# Where to buy M&W baler parts



## yarnammurt (Jan 1, 2014)

Need help finding some baler parts. I need the sensor switch that tells when the chamber is full.


----------



## RacerBill (Jan 26, 2018)

Did you ever find an answer? I spoke with Arts Way about the sensor $136 each. Ridiculous over priced as far as I am concerned. I couldn't do it right now. My sensors have continuity with volt meter so I think they are good but not an electrician so I may be wrong.


----------



## cjsr8595 (Jul 7, 2014)

call messicks.

https://www.messicks.com/

what model M&W do you have, some years had Krone stamped on them as well.

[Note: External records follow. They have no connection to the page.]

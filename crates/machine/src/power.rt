// Power-on and RES.
ghost use Rattle.std.specs.Prelude.{◌≡◌, length, replicate};
ghost use Rattle.cpu.specs.State.{state};
ghost use Rattle.refusals.specs.Numbers.{refusal_of as number_given};
ghost use Rattle.machine.specs.Machine.{machine_of, no_trace, trace_of};
ghost use Rattle.machine.specs.Power.{after_res, blank, power_on, power_refusal, powered, started};
ghost use Rattle.machine.specs.Events.{resetting};

use crate::ranges::{all_nibbles, options_ok, sound};
use crate::{Answer, Machine, Trace};
use cpu::{Control, Cpu, Interrupts, Options, Outputs, Pins, Registers, Stack, Status, Timer};
use datapath::memory::MEMORY;
use isa::ProgramAddress;
use refusals::Refusal;

// The refusal of a power-on.
#[tactic(auto, unfolding(crate::specs::Power::power_refusal))]
fn check_power(options: Options, image: &[u8]) -> Result<(), Refusal>
    ensures { number_given result ≡ power_refusal options image.now }
{
    if image.len() != 166 {
        return Err(Refusal::Buffer);
    }
    if !all_nibbles(image) {
        return Err(Refusal::Value);
    }
    if !options_ok(options) {
        return Err(Refusal::Choice);
    }
    Ok(())
}

// The processor after RES, with what RES keeps.
fn after_res(registers: Registers, pins: Pins, options: Options, cycles: u32) -> Cpu
    ensures { result ≡ after_res registers pins options cycles }
{
    Cpu {
        registers,
        control: Control {
            pc: ProgramAddress(0),
            cf: 0,
            tf: 0,
        },
        timer: Timer {
            count: 0,
            running: 0,
        },
        interrupts: Interrupts {
            enabled: 0,
            held: 0,
            level: 0,
        },
        stack: Stack {
            address: ProgramAddress(0),
            carry: 0,
        },
        status: Status {
            halted: 0,
            fault: 0,
        },
        outputs: Outputs {
            pa: 15,
            channel: 16,
            mode: 0,
        },
        pins,
        options,
        cycles,
    }
}

// RES on a processor: what it keeps is its own.
pub(crate) fn reset_cpu(cpu: Cpu) -> Cpu
    ensures { result ≡ after_res cpu.registers cpu.pins cpu.options cpu.cycles }
{
    after_res(cpu.registers, cpu.pins, cpu.options, cpu.cycles)
}

// The processor that a power-on makes of its registers and options.
fn started(registers: Registers, options: Options) -> Cpu
    ensures { result ≡ started registers options }
{
    let pins = Pins {
        pm: 15,
        ps: 15,
        pp: 15,
        int: 1,
    };
    after_res(registers, pins, options, 0)
}

// Nothing is left behind yet.
fn no_trace() -> Trace
    ensures { result ≡ no_trace }
{
    Trace { gap: 0 }
}

// The processor that a power-on makes of options and an image, which fills the data memory that is lent.
#[tactic(auto, unfolding(crate::specs::Power::powered))]
fn powered(options: Options, image: &[u8], memory: &mut [u8; MEMORY]) -> Cpu
    requires { length image.now ≡ 166 }
    ensures { machine_of (state result memory.new) no_trace ≡ powered options image.now }
{
    memory.copy_from_slice(&image[6..]); // all after ACC and R0-R4
    let registers = Registers {
        acc: image[0],
        r0: image[1],
        r1: image[2],
        r2: image[3],
        r3: image[4],
        r4: image[5],
    };
    started(registers, options)
}

// The machine that a power-on makes of options and one nibble that fills the image, where data memory and the trace's fields are lent.
pub fn filled(options: Options, x: u8, memory: &mut [u8; MEMORY], gap: &mut u16) -> Cpu
    ensures { machine_of (state result memory.new) (trace_of gap.new) ≡ powered options (replicate 166 x) }
{
    *gap = no_trace().gap;
    powered(options, &[x; 166], memory)
}

impl Machine {
    // A machine before its first power-on: 0 but for what RES sets. Its options are out of range, so every event on it is refused.
    #[tactic(auto, unfolding(crate::specs::Power::blank))]
    pub fn blank() -> Machine
        ensures { result ≡ blank }
    {
        let registers = Registers {
            acc: 0,
            r0: 0,
            r1: 0,
            r2: 0,
            r3: 0,
            r4: 0,
        };
        let pins = Pins {
            pm: 0,
            ps: 0,
            pp: 0,
            int: 0,
        };
        let options = Options {
            rate: 0,
            commons: 0,
            pm: 0,
            ps: 0,
            pp: 0,
        };
        let cpu = after_res(registers, pins, options, 0);
        Machine {
            cpu,
            memory: [0; MEMORY],
            trace: no_trace(),
        }
    }

    // Power-on. A refused one leaves the machine as it was.
    #[tactic(auto, unfolding(crate::specs::Power::power_refusal, crate::specs::Power::power_on))]
    pub fn power_on(mut self, options: Options, image: &[u8]) -> Answer
        ensures { result ≡ power_on options image.now self }
    {
        if let Err(refusal) = check_power(options, image) {
            return Answer::refused(self, refusal);
        }
        let next = powered(options, image, &mut self.memory);
        self.cpu = next;
        self.trace = no_trace();
        Answer::done(self)
    }

    // RES. A refused one leaves the machine as it was.
    #[tactic(auto, unfolding(crate::specs::Events::happened, crate::specs::Events::mask_ok, crate::specs::Events::values_ok, crate::specs::Events::refusal_of, crate::specs::Events::applied))]
    pub fn reset(mut self) -> Answer
        ensures { result ≡ resetting self }
    {
        if sound(self.cpu, &self.memory) {
            let next = reset_cpu(self.cpu);
            self.cpu = next;
            return Answer::done(self);
        }
        Answer::refused(self, Refusal::Range)
    }
}
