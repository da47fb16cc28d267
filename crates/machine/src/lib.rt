// The machine: processor, data memory and trace by value, power-on, Run and the other events, display, report and the count's query.
#![tactic(auto)]

ghost use Rattle.std.specs.Prelude.{◌≡◌};
ghost use Rattle.refusals.specs.Numbers.{number_of};

pub mod events;
pub mod gap;
pub mod power;
pub mod ranges;
pub mod report;

use cpu::Cpu;
use datapath::memory::MEMORY;
use refusals::Refusal;

// What running leaves behind, which decides nothing else. `gap` counts the accesses to 80h-DFh since the last power-on, and stops at 65,535.
#[repr(C)]
#[derive(Clone, Copy)]
pub struct Trace {
    pub gap: u16,
}

// `memory` is data memory 00h-7Fh, then E0h-FFh, a nibble each.
#[repr(C)]
#[derive(Clone, Copy)]
pub struct Machine {
    pub cpu: Cpu,
    pub memory: [u8; MEMORY],
    pub trace: Trace,
}

// What an event gives back: document 01's refusal number, 0 for none, and the machine. A refused machine is as it was. It is no Result: an Err
// would not hand the machine back (document 01's form), and `Session` and the hosts have the number (machine/specs/Events). The machine stands
// first, on no padding: so the compiler makes an answer where it is to stand, and not in a second place that is then copied.
#[derive(Clone, Copy)]
pub struct Answer {
    pub machine: Machine,
    pub refusal: u8,
}

impl Answer {
    // A refused machine is as it was.
    pub(crate) fn refused(machine: Machine, refusal: Refusal) -> Answer
        ensures { result ≡ record { machine = machine; refusal = number_of refusal } }
    {
        Answer {
            machine,
            refusal: u8::from(refusal),
        }
    }

    pub(crate) fn done(machine: Machine) -> Answer
        ensures { result ≡ record { machine = machine; refusal = 0 } }
    {
        Answer {
            machine,
            refusal: 0,
        }
    }
}
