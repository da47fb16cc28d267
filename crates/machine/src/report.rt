// The display and the report of a machine.
ghost use Rattle.std.specs.Prelude.{◌≡◌, ◌++◌, ℕ, ◌<◌, ◌%◌, eqb, length, take};
ghost use Rattle.std.specs.Int.Bits.{bit_and};
ghost use Rattle.isa.specs.Choice.{pick};
ghost use Rattle.cpu.specs.State.{state};
ghost use Rattle.refusals.specs.Numbers.{refusal_of};
ghost use Rattle.machine.specs.Machine.{machine_of};
ghost use Rattle.machine.specs.declared.Trace.{Trace};
ghost use Rattle.machine.specs.Report.{heading, places, report, reported, reporting, shown};

use crate::Machine;
use crate::ranges::check_sound;
use cpu::Cpu;
use datapath::memory::{MEMORY, load};
use isa::DataAddress;
use refusals::Refusal;

// The bits of a display nibble that show: with 3 commons bit 3 shows 0, and a halted machine shows nothing.
fn lit(cpu: Cpu) -> u8
    ensures { (x : ℕ) → x < 256 → bit_and x result ≡ pick (eqb cpu.status.halted 1) 0 (pick (eqb cpu.options.commons 3) (x % 8) x) }
{
    if cpu.status.halted == 1 {
        return 0;
    }
    if cpu.options.commons == 3 {
        return 7;
    }
    255
}

// The first 16 bytes.
fn heading(cpu: Cpu) -> [u8; 16]
    ensures { result ≡ heading cpu }
{
    let pc = cpu.control.pc.0.to_le_bytes();
    let cycles = cpu.cycles.to_le_bytes();
    [
        44,
        0,
        16,
        0,
        pc[0],
        pc[1],
        cycles[0],
        cycles[1],
        cycles[2],
        cycles[3],
        cpu.interrupts.level,
        cpu.status.halted,
        cpu.status.fault,
        cpu.outputs.pa,
        cpu.outputs.channel,
        cpu.outputs.mode,
    ]
}

// Writes them. No byte of a report tells of the trace.
fn put_heading(cpu: Cpu, out: &mut [u8])
    requires { length out.old ≡ 48 }
    ensures { take 16 out.new ≡ heading cpu }
{
    out[..16].copy_from_slice(&heading(cpu));
}

// Writes the 32 display nibbles after them: nibble `s` is the one at E0h + s. What shows is the same bits of each: no test in the loop.
fn put_display(cpu: Cpu, memory: &[u8; MEMORY], out: &mut [u8])
    requires { length out.old ≡ 48 }
    ensures { out.new ≡ take 16 out.old ++ places 32 (shown cpu memory.now) 0 }
{
    let lit = lit(cpu);
    for (s, byte) in out[16..].iter_mut().enumerate() {
        *byte = load(memory, DataAddress(0xe0 + s as u8)).nibble & lit;
    }
}

// Writes the 48 bytes of a report. A buffer of another length stays as it is.
pub fn write_report(cpu: Cpu, memory: &[u8; MEMORY], out: &mut [u8])
    ensures { (trace : Trace) → out.new ≡ pick (eqb (length out.old) 48) (reported (machine_of (state cpu memory.now) trace)) out.old }
{
    if out.len() == 48 {
        put_heading(cpu, out);
        put_display(cpu, memory, out);
    }
}

impl Machine {
    // Writes the report of the machine, or refuses the buffer's length or the machine: then nothing is written.
    #[tactic(auto, unfolding(crate::specs::Report::report))]
    pub fn report(self, out: &mut [u8]) -> Result<(), Refusal>
        ensures { reporting (refusal_of result) out.new ≡ report self out.old }
    {
        if out.len() != 48 {
            return Err(Refusal::Buffer);
        }
        check_sound(self.cpu, &self.memory)?;
        write_report(self.cpu, &self.memory, out);
        Ok(())
    }
}
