// The events other than power-on: methods that take the machine and hand it back with their answer.
ghost use Rattle.std.specs.Prelude.{◌≡◌, ℕ, true, [], List, None};
ghost use Rattle.cpu.specs.State.{state};
ghost use Rattle.refusals.specs.Numbers.{refusal_of as number_given};
ghost use Rattle.machine.specs.Machine.{machine_of, trace_of};
ghost use Rattle.machine.specs.declared.Trace.{Trace};
ghost use Rattle.machine.specs.Events.{applied, clocked, counting, event_of, fallen, happened, interrupted, mask_ok, named_answer, pinned, refusal_of, stepping, values_ok, wakes, woken};

use crate::power::reset_cpu;
use crate::ranges::{check_sound, sound};
use crate::{Answer, Machine};
use cpu::Cpu;
use datapath::memory::MEMORY;
use datapath::timer::advance;
use refusals::Refusal;
use rom::reader::check_mask;

// Kinds 2 to 6 of document 01's records.
#[derive(Clone, Copy)]
pub enum Event {
    // Run: at most this many steps.
    Run(u16),
    // The levels of PM, PS and PP.
    Pins(u8, u8, u8),
    // The level of INT.
    Int(u8),
    // Rising edges of TMCLK.
    Tmclk(u16),
    // RES.
    Res,
}

// The event of a kind, if it names one. What the kind does not name is not looked at.
#[tactic(auto, unfolding(crate::specs::Events::event_of))]
pub fn event_of(kind: u16, count: u16, a: u8, b: u8, c: u8) -> Option<Event>
    ensures { result ≡ event_of kind count a b c }
{
    match kind {
        2 => Some(Event::Run(count)),
        3 => Some(Event::Pins(a, b, c)),
        4 => Some(Event::Int(a)),
        5 => Some(Event::Tmclk(count)),
        6 => Some(Event::Res),
        _ => None,
    }
}

// The bits that fall and whose wake bit is 1.
fn fallen(old: u8, new: u8, wake: u8) -> u8
    ensures { result ≡ fallen old new wake }
{
    old & (new ^ 15) & wake
}

// Whether these levels wake a halted processor.
fn wakes(pm: u8, ps: u8, pp: u8, c: Cpu) -> bool
    ensures { result ≡ wakes pm ps pp c }
{
    c.status.halted == 1
        && (fallen(c.pins.pm, pm, c.options.pm) != 0
            || fallen(c.pins.ps, ps, c.options.ps) != 0
            || fallen(c.pins.pp, pp, c.options.pp) != 0)
}

// An edge is held, and the processor wakes.
fn woken(mut c: Cpu) -> Cpu
    ensures { result ≡ woken c }
{
    c.interrupts.held = 1;
    c.status.halted = 0;
    c
}

// Whether TMCLK moves the timer, which it does in HALT too.
fn clocked(c: Cpu) -> bool
    ensures { result ≡ clocked c }
{
    c.options.rate == 255 && c.timer.running == 1
}

// New levels of the ports: a falling wake bit wakes a halted processor.
#[tactic(auto, unfolding(crate::specs::Events::pinned))]
fn pinned(mut c: Cpu, pm: u8, ps: u8, pp: u8) -> Cpu
    ensures { result ≡ pinned pm ps pp c }
{
    if wakes(pm, ps, pp, c) {
        c = woken(c);
    }
    c.pins.pm = pm;
    c.pins.ps = ps;
    c.pins.pp = pp;
    c
}

// A new level of INT: a falling edge is always held and wakes.
#[tactic(auto, unfolding(crate::specs::Events::interrupted))]
fn interrupted(mut c: Cpu, level: u8) -> Cpu
    ensures { result ≡ interrupted level c }
{
    if c.pins.int == 1 && level == 0 {
        c = woken(c);
    }
    c.pins.int = level;
    c
}

// Rising edges of TMCLK.
#[tactic(auto, unfolding(crate::specs::Events::counting))]
fn counting(c: Cpu, n: u16) -> Cpu
    ensures { result ≡ counting n c }
{
    if clocked(c) {
        let k = advance(c.timer.count, n);
        return c.timed(k);
    }
    c
}

// Refusal 3 is the answer to an event where this is false.
#[tactic(auto, unfolding(crate::specs::Events::values_ok))]
pub fn values_ok(event: Event) -> bool
    ensures { result ≡ values_ok event }
{
    match event {
        Event::Pins(pm, ps, pp) => pm < 16 && ps < 16 && pp < 16,
        Event::Int(level) => level < 2,
        Event::Run(_) | Event::Tmclk(_) | Event::Res => true,
    }
}

// The refusal of a Run: the lowest number wins. It does not look at the trace.
#[tactic(auto, unfolding(crate::specs::Events::refusal_of, crate::specs::Events::mask_ok, crate::specs::Events::values_ok))]
fn check_run(cpu: Cpu, memory: &[u8; MEMORY], mask: &[u8]) -> Result<(), Refusal>
    ensures { (n : ℕ) (trace : Trace) → number_given result ≡ refusal_of mask.now (Event.Run n) (machine_of (state cpu memory.now) trace) }
{
    check_mask(mask)?;
    check_sound(cpu, memory)
}

// The refusal of an event whose mask is as it should be: Run alone has one.
#[tactic(auto, unfolding(crate::specs::Events::refusal_of))]
fn check_event(cpu: Cpu, memory: &[u8; MEMORY], event: Event) -> Result<(), Refusal>
    ensures { (mask : List ℕ) (trace : Trace) → mask_ok mask event ≡ true → number_given result ≡ refusal_of mask event (machine_of (state cpu memory.now) trace) }
{
    if !values_ok(event) {
        return Err(Refusal::Value);
    }
    check_sound(cpu, memory)
}

// What pins, INT and TMCLK make of the processor, all that they change. An arm for RES here would cost each step of a Run two instructions
// (docs/PERFORMANCE.md).
#[tactic(auto, unfolding(crate::specs::Events::happened))]
fn changed(cpu: Cpu, event: Event) -> Cpu
    ensures { (mask memory : List ℕ) (trace : Trace) → ((n : ℕ) → event ≡ Event.Run n → ⊥) → (event ≡ Event.Res → ⊥) → machine_of (state result memory) trace ≡ happened mask event (machine_of (state cpu memory) trace) }
{
    match event {
        Event::Pins(pm, ps, pp) => pinned(cpu, pm, ps, pp),
        Event::Int(level) => interrupted(cpu, level),
        Event::Tmclk(n) => counting(cpu, n),
        _ => cpu,
    }
}

// What an event makes of the processor, and of the data memory and the trace's fields where they are lent.
#[tactic(auto, unfolding(crate::specs::Events::happened))]
pub fn happened(
    cpu: Cpu,
    event: Event,
    mask: &[u8],
    memory: &mut [u8; MEMORY],
    gap: &mut u16,
) -> Cpu
    ensures { machine_of (state result memory.new) (trace_of gap.new) ≡ happened mask.now event (machine_of (state cpu memory.old) (trace_of gap.old)) }
{
    match event {
        Event::Run(n) => cpu.run(mask, memory, n, gap),
        Event::Res => reset_cpu(cpu),
        _ => changed(cpu, event),
    }
}

impl Machine {
    // Run, on the machine's own memory. The machine is put together anew behind it: a store to each field makes the loop a third longer
    // (docs/PERFORMANCE.md).
    #[tactic(auto, unfolding(crate::specs::Events::applied, crate::specs::Events::happened))]
    fn run(mut self, n: u16, mask: &[u8]) -> Answer
        ensures { result ≡ applied mask.now (Event.Run n) self }
    {
        if let Err(judged) = check_run(self.cpu, &self.memory, mask) {
            return Answer::refused(self, judged);
        }
        let mut trace = self.trace;
        let cpu = self.cpu.run(mask, &mut self.memory, n, &mut trace.gap);
        let memory = self.memory;
        Answer {
            refusal: 0,
            machine: Machine { cpu, memory, trace },
        }
    }

    // Pins, INT or TMCLK: the processor alone changes.
    fn change(mut self, event: Event) -> Answer
        ensures { (mask : List ℕ) → ((n : ℕ) → event ≡ Event.Run n → ⊥) → (event ≡ Event.Res → ⊥) → result ≡ applied mask event self }
    {
        if let Err(refusal) = check_event(self.cpu, &self.memory, event) {
            return Answer::refused(self, refusal);
        }
        let next = changed(self.cpu, event);
        self.cpu = next;
        Answer::done(self)
    }

    // An event. A refused one leaves the machine as it was.
    #[tactic(auto, unfolding(crate::specs::Events::applied, crate::specs::Events::refusal_of, crate::specs::Events::mask_ok, crate::specs::Events::happened))]
    pub fn apply(mut self, event: Event, mask: &[u8]) -> Answer
        ensures { result ≡ applied mask.now event self }
    {
        match event {
            Event::Run(n) => self.run(n, mask),
            Event::Res => self.reset(),
            _ => self.change(event),
        }
    }

    // A kind that names no event is refused with 7, but a machine out of range comes first.
    fn unknown(self) -> Answer
        ensures { result ≡ named_answer [] None self }
    {
        if sound(self.cpu, &self.memory) {
            return Answer::refused(self, Refusal::Kind);
        }
        Answer::refused(self, Refusal::Range)
    }

    // What a kind names: its event, or the refusal of an unknown kind.
    pub fn apply_named(mut self, named: Option<Event>, mask: &[u8]) -> Answer
        ensures { result ≡ named_answer mask.now named self }
    {
        match named {
            Some(event) => self.apply(event, mask),
            None => self.unknown(),
        }
    }

    // One step alone, which answers as a Run of one step does.
    #[tactic(auto, unfolding(cpu::specs::Run::yielded, crate::specs::Events::applied, crate::specs::Events::happened, cpu::specs::Run::ran))]
    pub fn step(mut self, mask: &[u8]) -> Answer
        ensures { result ≡ stepping mask.now self }
    {
        if let Err(refusal) = check_run(self.cpu, &self.memory, mask) {
            return Answer::refused(self, refusal);
        }
        let mut trace = self.trace;
        let next = self.cpu.step(mask, &mut self.memory, &mut trace.gap);
        self.cpu = next;
        self.trace = trace;
        Answer::done(self)
    }
}
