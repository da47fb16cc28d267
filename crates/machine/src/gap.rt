// The query of the count of strays: document 02, wish 6.
ghost use Rattle.std.specs.Prelude.{◌≡◌};
ghost use Rattle.machine.specs.Gap.{gap_count};

use crate::Machine;
use crate::ranges::check_sound;
use refusals::Refusal;

impl Machine {
    // How many data accesses fell in 80h-DFh since the last power-on; 65,535 for that many or more.
    pub fn gap_count(self) -> Result<u16, Refusal>
        ensures { result ≡ gap_count self }
    {
        check_sound(self.cpu, &self.memory)?;
        Ok(self.trace.gap)
    }
}
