// Whether each field is in its range: refusals 3, 4 and 5.
ghost use Rattle.std.specs.Prelude.{◌≡◌, Ok, Err, not, ◌&&◌, ◌||◌, eqb, ltb};
ghost use Rattle.isa.specs.Code.{addresses};
ghost use Rattle.cpu.specs.Range.{bit, cpu_ok, nibble, nibbles, options_ok, registers_ok, valid};
ghost use Rattle.cpu.specs.State.{state};
ghost use Rattle.isa.specs.Choice.{pick};
ghost use Rattle.refusals.specs.declared.Refusal.TheVariants.{Range};

use cpu::{Cpu, Options};
use datapath::memory::MEMORY;
use isa::ADDRESSES;
use refusals::Refusal;

// The larger of two numbers: a nibble where both are.
fn larger(a: u8, b: u8) -> u8
    ensures { ltb result 16 ≡ ltb a 16 && ltb b 16 }
{
    a.max(b)
}

// Whether every element is a nibble. One test at the end: a loop with no way out takes many elements at once.
pub fn all_nibbles(s: &[u8]) -> bool
    ensures { result ≡ nibbles s.now }
{
    let mut top = 0;
    for x in s {
        top = larger(top, *x);
    }
    top < 16
}

// The bits of two numbers together: in a range of whole bits where both are.
fn joined(a: u8, b: u8) -> u8
    ensures { (ltb result 16 ≡ ltb a 16 && ltb b 16) × (ltb result 2 ≡ ltb a 2 && ltb b 2) }
{
    a | b
}

fn rate_ok(rate: u8) -> bool
    ensures { result ≡ ltb rate 14 && not (eqb rate 6) || eqb rate 255 }
{
    (rate < 14 && rate != 6) || rate == 255
}

// Refusal 4 is the answer to a power-on where this is false.
#[tactic(auto, unfolding(cpu::specs::Range::options_ok))]
pub fn options_ok(o: Options) -> bool
    ensures { result ≡ options_ok o }
{
    listed(o.rate, o.commons) && o.pm < 16 && o.ps < 16 && o.pp < 16
}

// Registers, PA, port levels and wake nibbles: one test for all.
#[tactic(auto, unfolding(cpu::specs::Range::registers_ok))]
fn nibbles_ok(c: Cpu) -> bool
    ensures { result ≡ registers_ok c.registers
        && ((nibble c.outputs.pa && (nibble c.pins.pm && (nibble c.pins.ps && nibble c.pins.pp)))
        && (nibble c.options.pm && (nibble c.options.ps && nibble c.options.pp))) }
{
    let registers = joined(
        c.registers.acc,
        joined(
            c.registers.r0,
            joined(
                c.registers.r1,
                joined(c.registers.r2, joined(c.registers.r3, c.registers.r4)),
            ),
        ),
    );
    let ports = joined(
        c.outputs.pa,
        joined(c.pins.pm, joined(c.pins.ps, c.pins.pp)),
    );
    let wakes = joined(c.options.pm, joined(c.options.ps, c.options.pp));
    joined(registers, joined(ports, wakes)) < 16
}

// The nine flags: one test for all.
fn flags_ok(c: Cpu) -> bool
    ensures { result ≡ (bit c.control.cf && (bit c.control.tf && (bit c.stack.carry && bit c.status.halted)))
        && (bit c.interrupts.enabled && (bit c.interrupts.held && (bit c.timer.running && (bit c.outputs.mode && bit c.pins.int)))) }
{
    let program = joined(
        c.control.cf,
        joined(c.control.tf, joined(c.stack.carry, c.status.halted)),
    );
    let rest = joined(
        c.interrupts.enabled,
        joined(
            c.interrupts.held,
            joined(c.timer.running, joined(c.outputs.mode, c.pins.int)),
        ),
    );
    joined(program, rest) < 2
}

// PC and the stack address: one test for both.
fn addresses_ok(pc: u16, address: u16) -> bool
    ensures { result ≡ ltb pc addresses && ltb address addresses }
{
    let all = pc | address;
    all < ADDRESSES
}

// The rate and the commons, each of a list of its own.
fn listed(rate: u8, commons: u8) -> bool
    ensures { result ≡ (ltb rate 14 && not (eqb rate 6) || eqb rate 255) && (eqb commons 3 || eqb commons 4) }
{
    rate_ok(rate) && (commons == 3 || commons == 4)
}

// What is tested alone. A halted machine has no fault; the counts of timer and cycles have any value of their types.
fn others_ok(c: Cpu) -> bool
    ensures { result ≡ ltb c.interrupts.level 3
        && (ltb c.status.fault 4
        && ((eqb c.status.halted 0 || eqb c.status.fault 0)
        && (ltb c.outputs.channel 17
        && ((ltb c.options.rate 14 && not (eqb c.options.rate 6) || eqb c.options.rate 255)
        && (eqb c.options.commons 3 || eqb c.options.commons 4))))) }
{
    c.interrupts.level < 3
        && c.status.fault < 4
        && (c.status.halted == 0 || c.status.fault == 0)
        && c.outputs.channel < 17
        && listed(c.options.rate, c.options.commons)
}

// Tests of many fields at once are few: so the compiler puts them in place of each call, and no processor is copied for one.
fn cpu_ok(c: Cpu) -> bool
    ensures { result ≡ cpu_ok c }
{
    nibbles_ok(c) && flags_ok(c) && addresses_ok(c.control.pc.0, c.stack.address.0) && others_ok(c)
}

// Whether a machine is in range, from its two parts: the memory is lent, not copied. Refusal 5 is the answer where this is false.
#[tactic(auto, unfolding(cpu::specs::Range::valid, cpu::specs::Range::memory_ok))]
pub(crate) fn sound(cpu: Cpu, memory: &[u8; MEMORY]) -> bool
    ensures { result ≡ valid (state cpu memory.now) }
{
    cpu_ok(cpu) && all_nibbles(memory)
}

// The same test as a refusal, for a function that refuses.
pub(crate) fn check_sound(cpu: Cpu, memory: &[u8; MEMORY]) -> Result<(), Refusal>
    ensures { result ≡ pick (valid (state cpu memory.now)) (Ok tt) (Err Range) }
{
    if sound(cpu, memory) {
        return Ok(());
    }
    Err(Refusal::Range)
}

I downloaded a krone manual for my M&W model, i order krone parts from Messicks. I had limited luck with arts way direct.


----------



## RacerBill (Jan 26, 2018)

cjsr8595 said:


> call messicks.
> 
> https://www.messicks.com/
> 
> what model M&W do you have, some years had Krone stamped on them as well. I downloaded a krone manual for my M&W model, i order krone parts from Messicks. I had limited luck with arts way direct.


Hi CJsr, I have the 4500 model Thanks


----------



## RacerBill (Jan 26, 2018)

Spoke with person at Messicks, they order from Arts Way for same price.


----------